### HOW TO COMPLETE THIS TASK:
Go through the entries below, count every line with the string "cannot", and answer with only that number.
↓↓↓
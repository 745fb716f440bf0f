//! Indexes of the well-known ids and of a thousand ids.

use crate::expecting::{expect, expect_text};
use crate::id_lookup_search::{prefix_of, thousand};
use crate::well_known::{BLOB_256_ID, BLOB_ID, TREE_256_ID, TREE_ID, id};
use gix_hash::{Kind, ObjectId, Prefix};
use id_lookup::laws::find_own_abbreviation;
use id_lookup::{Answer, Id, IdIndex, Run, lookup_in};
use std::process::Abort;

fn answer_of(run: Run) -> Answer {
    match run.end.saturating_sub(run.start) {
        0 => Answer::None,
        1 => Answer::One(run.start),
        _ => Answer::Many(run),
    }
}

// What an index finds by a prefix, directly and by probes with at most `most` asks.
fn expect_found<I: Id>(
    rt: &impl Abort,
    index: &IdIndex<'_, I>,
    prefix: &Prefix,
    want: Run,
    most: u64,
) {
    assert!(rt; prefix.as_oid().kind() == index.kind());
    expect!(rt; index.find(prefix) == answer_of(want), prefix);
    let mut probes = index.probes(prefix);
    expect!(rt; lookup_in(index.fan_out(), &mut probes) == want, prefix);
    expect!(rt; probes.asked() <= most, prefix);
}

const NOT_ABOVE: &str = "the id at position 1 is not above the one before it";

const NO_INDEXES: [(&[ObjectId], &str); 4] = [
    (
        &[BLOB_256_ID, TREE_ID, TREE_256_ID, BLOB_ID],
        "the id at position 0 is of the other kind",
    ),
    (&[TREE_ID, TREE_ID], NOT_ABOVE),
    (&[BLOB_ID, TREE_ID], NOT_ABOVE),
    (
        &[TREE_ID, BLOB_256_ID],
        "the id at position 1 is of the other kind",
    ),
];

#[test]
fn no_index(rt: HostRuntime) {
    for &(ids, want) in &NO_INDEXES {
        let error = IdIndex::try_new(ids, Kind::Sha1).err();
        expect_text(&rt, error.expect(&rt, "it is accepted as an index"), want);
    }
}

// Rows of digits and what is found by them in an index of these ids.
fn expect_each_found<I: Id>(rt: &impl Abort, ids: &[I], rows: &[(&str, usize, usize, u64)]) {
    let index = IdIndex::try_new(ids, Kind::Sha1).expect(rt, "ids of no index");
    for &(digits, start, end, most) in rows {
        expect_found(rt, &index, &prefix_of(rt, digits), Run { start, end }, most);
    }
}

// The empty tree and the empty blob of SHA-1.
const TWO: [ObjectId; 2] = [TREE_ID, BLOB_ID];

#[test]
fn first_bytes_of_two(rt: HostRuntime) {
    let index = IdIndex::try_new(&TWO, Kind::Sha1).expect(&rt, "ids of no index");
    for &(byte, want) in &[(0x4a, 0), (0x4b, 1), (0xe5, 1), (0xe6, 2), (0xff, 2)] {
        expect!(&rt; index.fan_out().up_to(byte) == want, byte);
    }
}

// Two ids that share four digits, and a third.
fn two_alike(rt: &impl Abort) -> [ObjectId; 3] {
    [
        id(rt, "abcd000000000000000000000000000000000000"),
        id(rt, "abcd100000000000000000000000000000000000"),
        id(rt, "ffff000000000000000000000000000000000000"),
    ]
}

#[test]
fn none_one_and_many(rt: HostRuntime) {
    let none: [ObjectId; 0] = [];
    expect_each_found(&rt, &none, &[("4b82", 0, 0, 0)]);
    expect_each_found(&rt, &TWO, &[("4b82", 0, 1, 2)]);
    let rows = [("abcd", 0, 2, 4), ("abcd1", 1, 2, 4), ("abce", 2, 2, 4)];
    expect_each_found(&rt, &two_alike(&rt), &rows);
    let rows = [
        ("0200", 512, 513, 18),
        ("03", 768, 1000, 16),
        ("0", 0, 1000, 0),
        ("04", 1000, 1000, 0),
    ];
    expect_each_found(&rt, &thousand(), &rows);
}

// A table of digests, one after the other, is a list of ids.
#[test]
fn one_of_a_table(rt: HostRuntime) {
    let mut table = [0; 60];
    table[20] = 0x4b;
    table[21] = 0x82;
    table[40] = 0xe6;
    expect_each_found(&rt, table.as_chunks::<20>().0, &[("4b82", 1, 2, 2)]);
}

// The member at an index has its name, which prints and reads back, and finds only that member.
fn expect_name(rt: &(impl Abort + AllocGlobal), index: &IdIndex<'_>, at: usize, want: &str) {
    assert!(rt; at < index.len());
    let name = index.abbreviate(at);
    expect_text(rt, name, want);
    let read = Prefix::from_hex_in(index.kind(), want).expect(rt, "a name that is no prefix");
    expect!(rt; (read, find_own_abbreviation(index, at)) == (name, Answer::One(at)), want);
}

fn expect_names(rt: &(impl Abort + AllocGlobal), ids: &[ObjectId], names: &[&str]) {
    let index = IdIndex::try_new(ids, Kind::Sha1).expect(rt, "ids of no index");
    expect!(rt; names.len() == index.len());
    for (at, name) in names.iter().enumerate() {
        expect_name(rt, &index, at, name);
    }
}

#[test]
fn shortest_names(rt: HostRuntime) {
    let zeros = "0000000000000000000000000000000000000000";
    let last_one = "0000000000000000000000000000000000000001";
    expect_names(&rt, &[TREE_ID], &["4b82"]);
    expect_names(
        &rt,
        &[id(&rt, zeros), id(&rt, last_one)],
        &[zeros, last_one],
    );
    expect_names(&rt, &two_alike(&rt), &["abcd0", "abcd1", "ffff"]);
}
↑↑↑
↓↓↓
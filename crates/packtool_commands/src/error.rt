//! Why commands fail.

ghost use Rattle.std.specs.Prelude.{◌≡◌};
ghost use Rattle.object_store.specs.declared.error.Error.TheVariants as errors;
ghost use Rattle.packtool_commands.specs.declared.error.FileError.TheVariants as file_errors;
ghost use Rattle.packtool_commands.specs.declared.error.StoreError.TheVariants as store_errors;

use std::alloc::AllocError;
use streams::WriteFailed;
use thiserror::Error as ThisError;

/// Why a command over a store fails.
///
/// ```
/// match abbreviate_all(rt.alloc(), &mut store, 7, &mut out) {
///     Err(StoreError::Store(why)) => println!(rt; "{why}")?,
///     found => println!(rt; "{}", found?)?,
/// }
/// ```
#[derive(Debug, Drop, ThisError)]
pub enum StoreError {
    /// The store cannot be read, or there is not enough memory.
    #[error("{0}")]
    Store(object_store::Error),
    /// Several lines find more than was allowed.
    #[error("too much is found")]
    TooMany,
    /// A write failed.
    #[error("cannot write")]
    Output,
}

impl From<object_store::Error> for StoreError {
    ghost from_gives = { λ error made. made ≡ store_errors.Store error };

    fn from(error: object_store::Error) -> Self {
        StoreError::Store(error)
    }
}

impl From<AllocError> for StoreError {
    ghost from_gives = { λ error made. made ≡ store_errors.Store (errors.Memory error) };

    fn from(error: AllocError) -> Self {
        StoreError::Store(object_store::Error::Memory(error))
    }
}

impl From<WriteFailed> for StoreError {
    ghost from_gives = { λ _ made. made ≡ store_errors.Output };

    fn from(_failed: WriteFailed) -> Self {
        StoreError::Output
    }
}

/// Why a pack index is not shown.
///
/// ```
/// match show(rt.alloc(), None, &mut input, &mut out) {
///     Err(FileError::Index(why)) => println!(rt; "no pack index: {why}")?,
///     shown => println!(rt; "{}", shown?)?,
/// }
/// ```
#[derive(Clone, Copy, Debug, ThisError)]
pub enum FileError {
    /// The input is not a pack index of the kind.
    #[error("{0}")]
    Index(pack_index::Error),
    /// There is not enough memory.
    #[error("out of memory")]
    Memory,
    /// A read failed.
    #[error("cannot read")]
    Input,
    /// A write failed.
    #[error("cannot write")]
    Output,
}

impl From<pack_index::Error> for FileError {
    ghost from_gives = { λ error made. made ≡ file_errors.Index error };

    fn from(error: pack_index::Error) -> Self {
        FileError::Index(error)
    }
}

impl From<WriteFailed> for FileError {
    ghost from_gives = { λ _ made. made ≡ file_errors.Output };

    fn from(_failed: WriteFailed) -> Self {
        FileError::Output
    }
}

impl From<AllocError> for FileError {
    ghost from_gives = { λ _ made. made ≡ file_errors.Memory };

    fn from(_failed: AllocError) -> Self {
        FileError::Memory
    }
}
↑↑↑
### OUTPUT FOR THIS TASK:
4